STUDY MATERIAL Block Start
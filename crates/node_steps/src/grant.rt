//! Whether rights may be granted.

ghost use Rattle.std.specs.Prelude.{◌≡◌, ◌+◌, ◌<◌, IfOk, IfErr, OnOk, IsSome, Some, None};
ghost use Rattle.node_steps.specs.Replicas.{state_in};
ghost use Rattle.replica_state.specs.States.{budget_of, granted_in};
ghost use Rattle.node_steps.specs.Outcomes.{HasKey};
ghost use Rattle.node_steps.specs.Refusals.{grant_refusal};

use crate::config::Config;
use crate::replica::State;
use crate::setting::setting_at;
use actions::Name;
use node_calls::NodeFault;
use replica_state::Replica;

/// How many rights are granted in all, with this amount, or the refusal. It takes no memory.
pub fn granted_with(
    state: &State,
    config: Config,
    name: &Name,
    term: u8,
    amount: u64,
) -> Result<u64, NodeFault>
    ensures ok { IfOk result (λ total.
        (grant_refusal config (state_in state.now) name.now term amount ≡ None)
        × (total ≡ granted_in (state_in state.now) name.now term config.node + amount)) }
    ensures set { OnOk result (HasKey (state_in state.now) name.now) }
    ensures counted { OnOk result (IsSome (budget_of (state_in state.now) name.now term)) }
    ensures some { OnOk result (0 < amount) }
    ensures refused { IfErr result (λ f.
        grant_refusal config (state_in state.now) name.now term amount ≡ Some f) }
{
    let Some((_, actions)) = setting_at(state, name) else {
        return Err(NodeFault::NotSet);
    };
    let Some(found) = actions.term(term) else {
        return Err(NodeFault::NoSuchTerm);
    };
    let Some(_) = found.count else {
        return Err(NodeFault::NotCounted);
    };
    if amount == 0 {
        return Err(NodeFault::ZeroAmount);
    }
    match state.granted(name, term, config.node).checked_add(amount) {
        Some(total) => Ok(total),
        None => Err(NodeFault::CellFull),
    }
}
STUDY MATERIAL Block End
TASK REQUIREMENTS =>
Retype each line above exactly as written.

RESULT FOR THIS TASK =>
filename crates/node_steps/src/grant.rt
//! Whether rights may be granted.

ghost use Rattle.std.specs.Prelude.{◌≡◌, ◌+◌, ◌<◌, IfOk, IfErr, OnOk, IsSome, Some, None};
ghost use Rattle.node_steps.specs.Replicas.{state_in};
ghost use Rattle.replica_state.specs.States.{budget_of, granted_in};
ghost use Rattle.node_steps.specs.Outcomes.{HasKey};
ghost use Rattle.node_steps.specs.Refusals.{grant_refusal};

use crate::config::Config;
use crate::replica::State;
use crate::setting::setting_at;
use actions::Name;
use node_calls::NodeFault;
use replica_state::Replica;

/// How many rights are granted in all, with this amount, or the refusal. It takes no memory.
pub fn granted_with(
    state: &State,
    config: Config,
    name: &Name,
    term: u8,
    amount: u64,
) -> Result<u64, NodeFault>
    ensures ok { IfOk result (λ total.
        (grant_refusal config (state_in state.now) name.now term amount ≡ None)
        × (total ≡ granted_in (state_in state.now) name.now term config.node + amount)) }
    ensures set { OnOk result (HasKey (state_in state.now) name.now) }
    ensures counted { OnOk result (IsSome (budget_of (state_in state.now) name.now term)) }
    ensures some { OnOk result (0 < amount) }
    ensures refused { IfErr result (λ f.
        grant_refusal config (state_in state.now) name.now term amount ≡ Some f) }
{
    let Some((_, actions)) = setting_at(state, name) else {
        return Err(NodeFault::NotSet);
    };
    let Some(found) = actions.term(term) else {
        return Err(NodeFault::NoSuchTerm);
    };
    let Some(_) = found.count else {
        return Err(NodeFault::NotCounted);
    };
    if amount == 0 {
        return Err(NodeFault::ZeroAmount);
    }
    match state.granted(name, term, config.node).checked_add(amount) {
        Some(total) => Ok(total),
        None => Err(NodeFault::CellFull),
    }
}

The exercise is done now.